Ok, back on topic -- You probably know more than an auctioneer about ukuleles.

ambrose
02-16-2010, 04:44 PM
I saw a very similar uke a few months ago. not a pineapple, and no label but the same pale yellowish colour and same neck and headstock. Older Kamaka's headstock label was a decal, not inlaid. Try Chuck Frets Fayne at Flea Market Music. He knows all about vintage ukes. Personally I think it's real.

fhorndog
02-16-2010, 04:48 PM
It's definitely a fake. You don't want that in your collection. Just send it to me and I'll dispose of it for you! LOL!!!!!! Seriously...I have seen worse go for big money! Good luck with the authentication!

experimentjon
02-16-2010, 05:01 PM
That one looks real to me. I mean the grain looks like real koa, and the headstock and body shapes look authentic. But as for the cheapy looking KK sticker on the headstock, that's just what they looked like until the 2000's. I've got a white label concert, and the KK sticker on the headstock looks every bit as ghetto.

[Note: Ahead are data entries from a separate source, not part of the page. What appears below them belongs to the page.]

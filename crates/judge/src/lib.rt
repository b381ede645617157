// The judgement of a stock and of a call: the next moment, what is rubbish, and the ordered refusals. No
// public function has a `requires`: each gives for every input what the rules say, and changes nothing; in
// `message_refusal` a reference that band has no room for counts as none.
#![tactic(auto)]

ghost use Rattle.std.specs.Prelude.{◌≡◌};
ghost use Rattle.forms.specs.Checks.{first};
ghost use Rattle.rules.specs.Numbers.{bad_end, bad_setup, message_checks, time_checks};
ghost use Rattle.rules.specs.Refusals.{refused_by};
ghost use Rattle.quotes.specs.Parts.{stock_of, bare, fitted};
ghost use Rattle.judge.specs.Verdict.{verdict_of};

use quotes::Kept;
use rules::{Figures, Message, Moment, Quotes, Refusal, Setup};

mod message;
mod moment;
mod range;
mod table;

// The verdict on a stock: its earliest moment, mark 0 where there is none, and whether it is rubbish. The moment is
// beside the flag and not in an Option, since `judge.verdict_of` gives that of a rubbish stock too.
#[derive(Clone, Copy)]
pub struct Verdict {
    pub earliest: Moment,
    pub rubbish: bool,
}

// Whether a session's end is out of range.
pub fn bad_end(end: u32) -> bool
    ensures { result ≡ bad_end end }
{
    (end < 3_600_000) | (23_400_000 < end)
}

// Whether a number of the setup is out of range.
pub fn bad_setup(u: Setup) -> bool
    ensures { result ≡ bad_setup u }
{
    let tier = u.tier;
    let leverage = u.leverage;
    let primary = range::not_participant(u.primary);
    let close = range::not_price(u.close);
    (tier == 0)
        | (2 < tier)
        | (leverage == 0)
        | (3 < leverage)
        | ((tier == 1) & (1 < leverage))
        | primary
        | close
}

// Judges a stock; of its trades it uses only the figures.
pub fn judged(f: Figures, k: Kept, q: Quotes) -> Verdict
    ensures { result ≡ verdict_of f (stock_of k q) }
{
    let earliest = moment::next(f, k);
    let bad_kept = range::bad_kept(k);
    let bad_quotes = range::bad_quotes(q);
    let past = moment::is_past(k.course.clock, earliest);
    Verdict {
        earliest,
        rubbish: bad_kept | bad_quotes | past,
    }
}

// Why a message to a stock that is no rubbish is refused.
pub fn message_refusal(
    m: Message,
    held: u64,
    earliest: Moment,
    k: Kept,
    q: Quotes,
) -> Result<(), Refusal>
    ensures { refused_by result ≡ first (message_checks m held earliest (stock_of (fitted k) q)) }
{
    let time = letters::time_of(m);
    if message::out_of_range(k.end, m) {
        return Err(Refusal::OutOfRange);
    }
    if time < k.course.clock {
        return Err(Refusal::BeforeClock);
    }
    if moment::is_due(time, earliest) {
        return Err(Refusal::Unsettled);
    }
    if message::not_primary(k.setup.primary, m) {
        return Err(Refusal::NotPrimary);
    }
    table::taken(message::kind_of(m), k.course.state)?;
    message::own_refusal(m, held, k, q)
}

// Why settling a stock that is no rubbish to a time is refused.
pub fn settle_refusal(time: u32, earliest: Moment, k: Kept) -> Result<(), Refusal>
    ensures { refused_by result ≡ first (time_checks time earliest (bare k)) }
{
    if range::not_time(k.end, time) {
        return Err(Refusal::OutOfRange);
    }
    if !moment::is_due(time, earliest) {
        return Err(Refusal::NothingDue);
    }
    Ok(())
}
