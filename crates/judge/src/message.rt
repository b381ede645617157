// The checks of a message, by its letter.
ghost use Rattle.std.specs.Prelude.{ℕ, ◌<◌, ◌≡◌};
ghost use Rattle.forms.specs.Checks.{first};
ghost use Rattle.rules.specs.Messages.{kind};
ghost use Rattle.rules.specs.Quotes.{straddle};
ghost use Rattle.rules.specs.Numbers.{out_of_range, not_primary, own_checks};
ghost use Rattle.rules.specs.Refusals.{refused_by};
ghost use Rattle.rules.specs.declared.Message.TheVariants.{Trade};
ghost use Rattle.quotes.specs.Parts.{stock_of, fitted};

use crate::range;
use crate::range::MOST_HELD;
use quotes::Kept;
use rules::{
    FIRST_FIVE, FLAG_NON_EXECUTABLE, HIGHEST_PRICE, Message, Quotes, Refusal, SHORTEST_PAUSE,
};

// The message's row of the table: a number, since document 01 names the form of the table (docs/RULES.md, the 36 entries).
pub(crate) fn kind_of(m: Message) -> usize
    ensures { (result ≡ kind m) × (result < 6) }
{
    match m {
        Message::Trade { .. } => 0,
        Message::Quote { .. } => 1,
        Message::Opening { .. } => 2,
        Message::Pause { .. } => 3,
        Message::Reopening { .. } => 4,
        Message::Closing { .. } => 5,
    }
}

// Whether a price, the participant or the time is out of range.
pub(crate) fn out_of_range(end: u32, m: Message) -> bool
    ensures { result ≡ out_of_range end m }
{
    match m {
        Message::Trade { time, price } => range::not_price(price) | range::not_time(end, time),
        Message::Quote {
            time,
            participant,
            bid,
            offer,
        } => range::not_participant(participant)
            | (HIGHEST_PRICE < bid)
            | (HIGHEST_PRICE < offer)
            | range::not_time(end, time),
        Message::Opening {
            time,
            participant,
            price,
        }
        | Message::Reopening {
            time,
            participant,
            price,
        }
        | Message::Closing {
            time,
            participant,
            price,
        } => range::not_participant(participant)
            | range::not_price(price)
            | range::not_time(end, time),
        Message::Pause { time, participant } => range::not_participant(participant)
            | range::not_time(end, time),
    }
}

// Whether the message must come from the primary and does not.
pub(crate) fn not_primary(primary: u32, m: Message) -> bool
    ensures { result ≡ not_primary primary m }
{
    match m {
        Message::Trade { .. } | Message::Quote { .. } => false,
        Message::Opening { participant, .. }
        | Message::Pause { participant, .. }
        | Message::Reopening { participant, .. }
        | Message::Closing { participant, .. } => participant != primary,
    }
}

// The last checks of T: 12 outside bands in force, 13 where 512 trades are held.
fn trade_refusal(price: u32, held: u64, k: Kept) -> Result<(), Refusal>
    ensures { (time : ℕ) (q : Quotes) → refused_by result ≡ first (own_checks (Trade time price) held (stock_of (fitted k) q)) }
{
    let basis = quotes::basis_of(k);
    let outside = quotes::is_outside(basis, price);
    if outside {
        return Err(Refusal::OutsideBands);
    }
    if MOST_HELD <= held {
        return Err(Refusal::NoRoom);
    }
    Ok(())
}

// Whether a side has flag 2, which P needs.
fn is_straddle(k: Kept, q: Quotes) -> bool
    ensures { result ≡ straddle (stock_of (fitted k) q) }
{
    let basis = quotes::basis_of(k);
    let shown = quotes::show(basis, q);
    let best = shown.best;
    (best.bid.flag == FLAG_NON_EXECUTABLE) | (best.offer.flag == FLAG_NON_EXECUTABLE)
}

// The message's own checks.
pub(crate) fn own_refusal(m: Message, held: u64, k: Kept, q: Quotes) -> Result<(), Refusal>
    ensures { refused_by result ≡ first (own_checks m held (stock_of (fitted k) q)) }
{
    let pause = k.course.pause as u64;
    let end = k.end;
    match m {
        Message::Trade { price, .. } => trade_refusal(price, held, k),
        Message::Opening { time, .. } if FIRST_FIVE <= time => Err(Refusal::TooLate),
        Message::Pause { .. } if !is_straddle(k, q) => Err(Refusal::NoStraddle),
        Message::Reopening { time, .. } if (time as u64) < pause + SHORTEST_PAUSE => {
            Err(Refusal::NotYet)
        }
        Message::Closing { time, .. } if time < end => Err(Refusal::NotYet),
        _ => Ok(()),
    }
}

Of course, I doubt that uke is worth very much in the shape it is in, but I doubt it's a fake, b/c I bet it's at least somewhat challenging to get those KK stickers.

Ahnko Honu
02-16-2010, 05:18 PM
Looks real to me a pre 1950s vintage. Build quality back then was not what it is today but neither was the price.

KamakOzzie
02-16-2010, 05:41 PM
Hey John, I have a Gold label soprano and your neck looks just like mine. Mine has a fingerboard extension that comes over the body toward the sound hole. My guess is that yours is an earlier one since it has no extension. Could be from the '50's. Gold label was from '54-'69. Since it has cracks, I think the rough frets are from drying and wood shrinkage. Is it very light weight?

Tigeralum2001
02-16-2010, 05:49 PM
I'm not a Kamaka expert, but I agree it looks real!

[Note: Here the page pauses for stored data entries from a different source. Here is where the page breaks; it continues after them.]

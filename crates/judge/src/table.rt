// The table of message by state.
ghost use Rattle.std.specs.Prelude.{◌<◌, ◌≡◌, ◌⊎◌};
ghost use Rattle.rules.specs.Messages as messages;
ghost use Rattle.rules.specs.Refusals.{refused_by};

use rules::{DONE, Refusal};

// The entries of the table: numbers, since document 01 names that form (docs/RULES.md, the 36 entries).
const TAKEN: u8 = DONE as u8;

const WRONG: u8 = Refusal::WrongState as u8;

const PAUSE: u8 = Refusal::InPause as u8;

const ENDED: u8 = Refusal::ClosedStock as u8;

// T, Q, O, P, R and X by the states 0 to 5: 0, or the number that refuses the message.
const TAKES: [[u8; 6]; 6] = [
    [TAKEN, TAKEN, TAKEN, PAUSE, PAUSE, ENDED],
    [TAKEN, TAKEN, TAKEN, TAKEN, TAKEN, ENDED],
    [TAKEN, WRONG, WRONG, WRONG, WRONG, ENDED],
    [WRONG, TAKEN, WRONG, WRONG, WRONG, ENDED],
    [WRONG, WRONG, WRONG, TAKEN, WRONG, ENDED],
    [WRONG, WRONG, WRONG, WRONG, TAKEN, ENDED],
];

// What an entry says.
fn said(entry: u8) -> Result<(), Refusal>
    requires { (entry ≡ 0) ⊎ (entry ≡ 9) ⊎ (entry ≡ 11) ⊎ (entry ≡ 7) }
    ensures { refused_by result ≡ entry }
{
    match entry {
        TAKEN => Ok(()),
        WRONG => Err(Refusal::WrongState),
        PAUSE => Err(Refusal::InPause),
        ENDED => Err(Refusal::ClosedStock),
        _ => unreachable!(),
    }
}

// Whether the state takes the kind of message, or why not; a state over 5 refuses as Closed does.
pub(crate) fn taken(kind: usize, state: u32) -> Result<(), Refusal>
    requires { kind < 6 }
    ensures { refused_by result ≡ messages.taken kind state }
{
    let column = state as usize;
    if column < 6 {
        return said(TAKES[kind][column]);
    }
    Err(Refusal::ClosedStock)
}
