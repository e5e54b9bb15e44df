// The parts of fixed size in front of a body, each a struct of `fuse.h`.

mod devices;
mod files;
mod nodes;

pub use devices::{BMapArguments, GetLkArguments, IoCtlArguments, PollArguments};
pub use files::{
    CopyFileRangeArguments, CreateArguments, FAllocateArguments, FSyncArguments, FlushArguments,
    LseekArguments, OpenArguments, ReadArguments, ReleaseArguments, WriteArguments,
};
pub use nodes::{
    AccessArguments, BatchForgetArguments, GetAttrArguments, GetXAttrArguments, MkDirArguments,
    MkNodArguments, Rename2Arguments, SetAttrArguments, SetXAttrArguments,
};

/// The arguments of INIT: `struct fuse_init_in`. What a message is too short for is zero.
#[derive(Clone, Copy)]
pub struct InitArguments {
    /// The kernel's major version.
    pub major: u32,
    /// The kernel's minor version.
    pub minor: u32,
    /// The most bytes that the kernel reads ahead.
    pub max_readahead: u32,
    /// The capabilities offered, the low 32 bits.
    pub flags: u32,
    /// The capabilities offered, the bits from 32 on.
    pub flags2: u32,
}
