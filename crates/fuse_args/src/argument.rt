// The cursor over a body.
ghost use Rattle.std.specs.Prelude.{◌≡◌, ◌==◌, [], drop, length, position};
ghost use Rattle.fuse_args.specs.Arguments.{Fetches, FetchesSlice, at_least, cuse_init_at, exactly, fixed, init_at};
ghost use Rattle.fuse_args.specs.Arguments.{name_at, rows_at, u64_first};

mod devices;
mod files;
mod nodes;

use crate::InitArguments;
use fuse_wire::{u32_at, u32_or_zero_at, u64_at};
use memchr::memchr;
use std::marker::Model;

/// A reader of the bytes of a body. A contract sees the bytes that are left.
#[derive(Debug, Drop)]
pub struct ArgumentIterator<'a> {
    rest: &'a [u8],
}

impl<'a> Model for ArgumentIterator<'a> {
    ghost use Rattle.std.specs.Prelude.{ℕ, List};

    ghost Value = { List ℕ };

    ghost view = { λ a. a.rest.now };
}

impl<'a> ArgumentIterator<'a> {
    /// Reads these bytes.
    pub fn new(bytes: &'a [u8]) -> ArgumentIterator<'a>
        ensures { result ≡ bytes.now }
    {
        ArgumentIterator { rest: bytes }
    }

    /// How many bytes are left.
    pub fn len(&self) -> usize
        ensures { result ≡ length self.now }
    {
        self.rest.len()
    }

    /// Whether no byte is left.
    pub fn is_empty(&self) -> bool
        ensures { result ≡ (length self.now == 0) }
    {
        self.rest.is_empty()
    }

    /// The arguments of INIT, of which an old kernel sends 16 bytes and a newer one 64. What is missing is zero. None
    /// where fewer than 16 are left; nothing is taken then.
    pub fn fetch_init(&mut self) -> Option<InitArguments>
        ensures { Fetches result self.old self.new (init_at self.old) }
    {
        let all = self.rest;
        if all.len() < 16 {
            return None;
        }
        self.rest = after(all, 64);
        Some(InitArguments {
            major: u32_at(all, 0),
            minor: u32_at(all, 4),
            max_readahead: u32_at(all, 8),
            flags: u32_at(all, 12),
            flags2: u32_or_zero_at(all, 16),
        })
    }

    /// A name: the bytes up to the first zero byte, which is passed too. None where no byte is zero; nothing is taken
    /// then.
    #[inline(always)]
    pub fn fetch_str(&mut self) -> Option<&'a [u8]>
        ensures { FetchesSlice result self.old self.new (name_at self.old) }
    {
        let all = self.rest;
        let end = first_zero(all)?;
        self.rest = &all[end + 1..];
        Some(&all[..end])
    }

    /// All bytes that are left. Nothing is left after them.
    pub fn fetch_all(&mut self) -> &'a [u8]
        ensures result { result.now ≡ self.old }
        ensures left { self.new ≡ [] }
    {
        let all = self.rest;
        self.rest = &[];
        all
    }

    /// All bytes that are left, where there are exactly so many: what WRITE and SETXATTR end with. None where there
    /// are fewer or more; nothing is taken then.
    #[inline(always)]
    pub fn fetch_exactly(&mut self, size: u32) -> Option<&'a [u8]>
        ensures { FetchesSlice result self.old self.new (exactly size self.old) }
    {
        if self.len() != size as usize {
            return None;
        }
        Some(self.fetch_all())
    }

    /// The first of the bytes that are left, where there are so many: what IOCTL ends with. Those behind them are
    /// passed too. None where there are fewer; nothing is taken then.
    #[inline(always)]
    pub fn fetch_at_least(&mut self, size: u32) -> Option<&'a [u8]>
        ensures { FetchesSlice result self.old self.new (at_least size self.old) }
    {
        if self.len() < size as usize {
            return None;
        }
        Some(&self.fetch_all()[..size as usize])
    }

    /// So many rows of 16 bytes, as BATCH_FORGET has them. None where fewer are left; nothing is taken then.
    pub fn fetch_slice(&mut self, count: usize) -> Option<&'a [u8]>
        ensures { FetchesSlice result self.old self.new (rows_at count self.old) }
    {
        let all = self.rest;
        if all.len() / 16 < count {
            return None;
        }
        let size = 16 * count;
        self.rest = &all[size..];
        Some(&all[..size])
    }

    /// A number of 8 bytes: the part of FORGET, RENAME, LINK and INTERRUPT. None where fewer bytes are left; nothing
    /// is taken then.
    pub fn fetch_u64(&mut self) -> Option<u64>
        ensures { Fetches result self.old self.new (u64_first self.old) }
    {
        let all = self.fixed(8)?;
        Some(u64_at(all, 0))
    }

    /// The part of CUSE_INIT, of 64 bytes as in `fuser`, where `struct cuse_init_in` has 16. No field of it is read.
    /// None where fewer bytes are left; nothing is taken then.
    pub fn fetch_cuse_init(&mut self) -> Option<()>
        ensures { Fetches result self.old self.new (cuse_init_at self.old) }
    {
        self.fixed(64)?;
        Some(())
    }

    /// All bytes that were left, where a part of this size is there, and moves past that part.
    fn fixed(&mut self, size: usize) -> Option<&'a [u8]>
        ensures { FetchesSlice result self.old self.new (fixed size (λ bytes. bytes) self.old) }
    {
        let all = self.rest;
        if all.len() < size {
            return None;
        }
        self.rest = &all[size..];
        Some(all)
    }
}

/// The place of the first zero byte.
#[inline(always)]
#[tactic(auto, using(crate::proofs::Names::position_is_first))]
fn first_zero(bytes: &[u8]) -> Option<usize>
    ensures { result ≡ position (λ byte. byte == 0) bytes.now }
{
    memchr(0, bytes)
}

/// What comes after so many bytes, or nothing.
fn after(bytes: &[u8], count: usize) -> &[u8]
    ensures { result.now ≡ drop count bytes.now }
{
    if count < bytes.len() {
        &bytes[count..]
    } else {
        &[]
    }
}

You need to offer that pastor $100 for 19 of them. Let him keep his pick of the litter. Oh, and tell him you'll string it & tune it, too!

haolejohn
02-16-2010, 06:34 PM
I'm not a Kamaka expert, but I agree it looks real!

You need to offer that pastor $100 for 19 of them. Let him keep his pick of the litter. Oh, and tell him you'll string it & tune it, too!

He gave them all away my dad told me. I was really bummed. I offered to run an ukulele course for him and fix them all up. I think these ukes came from a uke course b/c my nephew gave me some uke books to go along with the baritone. I told my nephew to keep this uke out of the elements and to not play with it. Now I need to fix it for him (at least get it in playable condition). what really stinks is I wonder what else was given away and to whom. Are they going to take care of it or are they going to throw it away or give it to the grand kids?

haolejohn
02-16-2010, 06:36 PM
Hey John, I have a Gold label soprano and your neck looks just like mine. Mine has a fingerboard extension that comes over the body toward the sound hole. My guess is that yours is an earlier one since it has no extension. Could be from the '50's. Gold label was from '54-'69. Since it has cracks, I think the rough frets are from drying and wood shrinkage. Is it very light weight?

Extremely light weight. The koa looks real and as far as I can tell the back is solid wood. The top is so thin I couldn't tell if it was real or not. Other than the missing label and the ghetto looking decal I think it is real koa. It has been abused and neglected for so long.Bums me out a little.

ukulelearp
02-16-2010, 06:42 PM
I'm totally jealous, and still very happy for you :D

Real or not, I think it's a pretty cool find.

haolejohn
02-16-2010, 06:47 PM
I'm totally jealous, and still very happy for you :D

Real or not, I think it's a pretty cool find.

It is what it is and it is no longer in my hands. My nephew went home and i want to call him and tell him to baby that uke. He'll take care of it b/c he actually can play an instrument and has 3 guitars already.

KamakOzzie
02-16-2010, 06:56 PM
Extremely light weight. The koa looks real and as far as I can tell the back is solid wood. The top is so thin I couldn't tell if it was real or not.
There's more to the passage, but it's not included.